Scalability and Sizing Guide

Setup multiple replicas of the control plane components.
Setup Horizontal Pod Autoscaling
Split mixer check and report pods.
High availability (HA).
See also Istio's Performance oriented FAQ
And the Performance and Scalability Working Group work.

Current recommendations (when using all Istio features):

1 vCPU per peak thousand requests per second for the sidecar(s) with access logging (which is on by default) and 0.5 without, fluentd on the node is a big contributor to that cost as it captures and uploads logs.
Assuming typical cache hit ratio (>80%) for mixer checks: 0.5 vCPU per peak thousand requests per second for the mixer pods.
Latency cost/overhead is approximately 10 millisecond for service-to-service (2 proxies involved, mixer telemetry and checks) as of 0.7.1, we expect to bring this down to a low single digit ms.
mTLS costs are negligible on AES-NI capable hardware in terms of both CPU and latency.

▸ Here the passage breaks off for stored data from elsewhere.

//! What the program says of itself.

use duty_calendar::Memory;
use file_places::Prose;

/// What each command is for.
static HELP: [&[u8]; 29] = [
    b"pbs-desk FOLDER COMMAND: what pbs does not say, and pages. It writes no file that pbs reads, but what\n",
    b"collect and import make, and in the folder of the next month what history makes.\n",
    b"\n",
    b"  explain LINE   says a line that pbs printed as a sentence, with the text that it points to and a mark\n",
    b"                 below it; without LINE it reads the lines from standard input: pbs FOLDER check |\n",
    b"                 pbs-desk FOLDER explain\n",
    b"  lint           says all faults of the eight files, not the first alone, and what is legal but looks\n",
    b"                 wrong; it ends with 0 where there is nothing to say, 1 with warnings, 2 with faults\n",
    b"  packet         writes packet.html: the trips to bid for, and a sheet that writes bids; it wants no bids.txt\n",
    b"  collect DIR [--standing OLD] [--force]   makes bids.txt of the files NAME.txt in DIR; of who sent none\n",
    b"                 the bids in the folder OLD stand; it writes over a bids.txt only with --force\n",
    b"  page [--diff OTHER]   writes month.html: the roster, bids with reasons, trips, charts, as pbs-page does; with\n",
    b"                 --diff what is otherwise than in OTHER too\n",
    b"  page MEMBER    writes pilot-MEMBER.html: the line and the bids of one pilot, and what could be traded\n",
    b"  report         writes report.html and report.csv: what a planner asks of an award\n",
    b"  diff OTHER     says pilot by pilot what is otherwise than in the folder OTHER or the roster of that file;\n",
    b"                 it ends with 0 where nothing is, and with 1 where something is\n",
    b"  calendars [--cancelled OLD]   writes calendars/NAME.ics for each pilot, for phones; what fell away since\n",
    b"                 the calendars or the award in the folder OLD is cancelled there\n",
    b"  history NEXT [--force]   makes the month with its roster the past of the next one: writes history.csv into\n",
    b"                 the folder NEXT, over one that is there only with --force, and what is not there of rules.toml,\n",
    b"                 crew.csv and fixed.csv; it ends with 1 where someone is new or gone, or fixed.csv lacks something\n",
    b"  import SHEET [--force]   makes one of the six CSV files of a sheet that a spreadsheet wrote, says each change,\n",
    b"                 and writes it where the readers of pbs take it; over one that is there only with --force\n",
    b"  help           says this\n",
    b"\n",
    b"Pages and calendars show the names of the staff in names.csv, where there is one.\n",
    b"Pages open in any browser, on a phone too, and ask for no network.\n",
    b"What each line of pbs says stands in docs/CODES.md too, what to do next in docs/GUIDE.md.\n",
];

/// Appends what each command is for.
pub fn put_help(prose: &mut Prose) -> Result<(), Memory> {
    for line in HELP {
        prose.say(line)?;
    }
    Ok(())
}

/// Appends how the program is called.
pub fn put_usage(prose: &mut Prose) -> Result<(), Memory> {
    prose.say(
        b"usage: pbs-desk FOLDER explain [LINE] | lint | packet | collect DIR [--standing OLD] [--force] | page [MEMBER | --diff OTHER] | report | diff OTHER | calendars [--cancelled OLD] | history NEXT [--force] | import SHEET [--force] | help\n",
    )
}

We plan on providing more granular guidance for customers adopting Istio “A la carte”.

The goal for 2018 for Istio is to reduce both the CPU overhead and latency of adding Istio to your application but please note that if you application is handling its own telemetry, policy, security, network routing, a/b testing, etc… all that code and cost can be removed and that should offset most if not all of the Istio overhead.